A l’occasion de la journée internationale des femmes et des filles de science, nous avons voulu interviewer deux jeunes scientifiques, Eunice Zola et Myriam Luzala. Elles ont 22 et 24 ans et sont respectivement en 5ème et 6ème année de sciences pharmaceutiques. Elles viennent d’être sélectionnées dans le cadre de l’appel à projets du Centre de recherche et d’innovation technologique en environnement et en sciences de la santé (CRITESS) de l’Université de Kinshasa, en République démocratique du Congo. Le CRITESS met en œuvre l’un des 6 projets tiers subventionnés par le Projet de Déploiement des Technologies et Innovations Environnementales pour le développement durable et la réduction de la pauvreté (PDTIE) financé par le Fonds ACP pour l’innovation.

 

Quels sont les sentiments qui vous ont animées en apprenant que votre projet d’innovation avait été sélectionné.
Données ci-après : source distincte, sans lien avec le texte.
//! Replies are read.
ghost use Rattle.std.specs.Prelude.{◌≡◌, ◌≤◌, [], IfOk, IfSome, MatchOption, length, take};
ghost use Rattle.httparse.specs.Grammar.{ResponseHead, status_code};
ghost use Rattle.http_wire.specs.Filling.{HasReadCause};
ghost use Rattle.http_wire.specs.Messages.{IsReplyHeadOf, IsReplyAnswer, fields_of, reply_of};
ghost use Rattle.http_wire.specs.Parsing.{IsReplyParse, IsFoundReply};

use crate::body::read_body;
use crate::buffer::Buffer;
use crate::fault::WireFault;
use crate::fields::{body_length, closes, first_text};
use crate::heads::read_head;
use crate::message::{Field, Reply};
use crate::request::{FIELD_LIMIT, field_list, text_of};
use httparse::Status;
use httparse::spans::{EMPTY_HEADER_SPAN, HeaderSpan, ResponseSpans, parse_response};
use lake_base::{NoMemory, Sequence, Source};
use std::alloc::Global;

/// Reads the reply at the front of the bytes read ahead and those of the source. Bytes behind it stay in the buffer.
/// Its body may have any length.
pub fn read_reply<S: Source>(
    alloc: Global,
    source: &mut S,
    buffer: &mut Buffer,
) -> Result<Reply, WireFault>
    ensures read { IfSome (S.left source.old)
        (λ left. IsReplyAnswer buffer.old left result buffer.new (S.left source.new)) }
    ensures cause { HasReadCause (S.faults source.old) (S.faults source.new) result }
{
    let head = match read_head(source, buffer) {
        Ok(head) => head,
        Err(fault) => return Err(fault),
    };
    let (front, _) = buffer.held().split_at(head);
    let (mut reply, size) = match reply_head(alloc, front) {
        Ok(parsed) => parsed,
        Err(fault) => return Err(fault),
    };
    buffer.skip(head);
    match read_body(alloc, source, buffer, head, size) {
        Ok(body) => {
            reply.body = Sequence::of(body);
            Ok(reply)
        }
        Err(fault) => Err(fault),
    }
}

// The reply of a whole head, without its body, and the body's length.
fn reply_head(alloc: Global, head: &[u8]) -> Result<(Reply, u64), WireFault>
    ensures { IsReplyParse head.now result }
{
    let mut spans = [EMPTY_HEADER_SPAN; FIELD_LIMIT];
    let found = match find_reply(head, &mut spans) {
        Some(found) => found,
        None => return Err(WireFault::BadHead),
    };
    let (headers, _) = spans.split_at(found.headers);
    let fields = match field_list(alloc, head, headers) {
        Ok(fields) => fields,
        Err(_) => return Err(WireFault::NoMemory),
    };
    match reply_at(alloc, found, &fields) {
        Ok(reply) => match body_length(None, &fields) {
            Ok(size) => Ok((reply, size)),
            Err(fault) => Err(fault),
        },
        Err(_) => Err(WireFault::NoMemory),
    }
}

// Where the parts stand, where the bytes are one whole head.
fn find_reply(head: &[u8], spans: &mut [HeaderSpan]) -> Option<ResponseSpans>
    requires { length spans.old ≡ 64 }
    ensures { MatchOption result ((h : ResponseHead) → ¬ (IsReplyHeadOf head.now h))
        (λ found. (found.headers ≤ 64)
        × ((h : ResponseHead) × IsFoundReply head.now (take found.headers spans.new) found h)) }
{
    match parse_response(head, spans) {
        Ok(Status::Complete(found)) => {
            if found.len == head.len() {
                Some(found)
            } else {
                None
            }
        }
        Ok(Status::Partial) => None,
        Err(_) => None,
    }
}

// The reply of a head with these fields, without its body.
fn reply_at(alloc: Global, found: ResponseSpans, fields: &[Field]) -> Result<Reply, NoMemory>
    ensures { (h : ResponseHead) → found.version ≡ h.minor → found.code ≡ status_code h
        → fields.now ≡ fields_of h.fields → IfOk result (λ reply. reply ≡ reply_of h []) }
{
    let close = closes(found.version, fields);
    Ok(Reply {
        status: found.code,
        content_type: text_of(alloc, first_text(b"content-type", fields))?,
        body: Sequence::of(Vec::new(alloc)),
        close,
    })
}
Myriam : C’était une liesse, pour moi et mon équipe de travail. Innover n’est pas toujours facile. On s’était lancé en se disant que c’était juste une aventure en soi, on va exposer notre projet, mais finalement, on s’est rendu compte que ça intéressait le CRITESS et c’était vraiment une joie.

Eunice : Au début, comme l’a dit Myriam, c’était genre un jeu. On se disait, on se lance, on voit ce que ça va donner. Et voilà, nous avons été sélectionnés par le CRITESS et nous avançons ensemble avec joie.

Le paludisme fait encore environ 400 000 morts chaque année dans le monde et vous proposez une alternative aux insecticides chimiques? Est-ce que vous pourriez nous exposer votre projet en quelques mots?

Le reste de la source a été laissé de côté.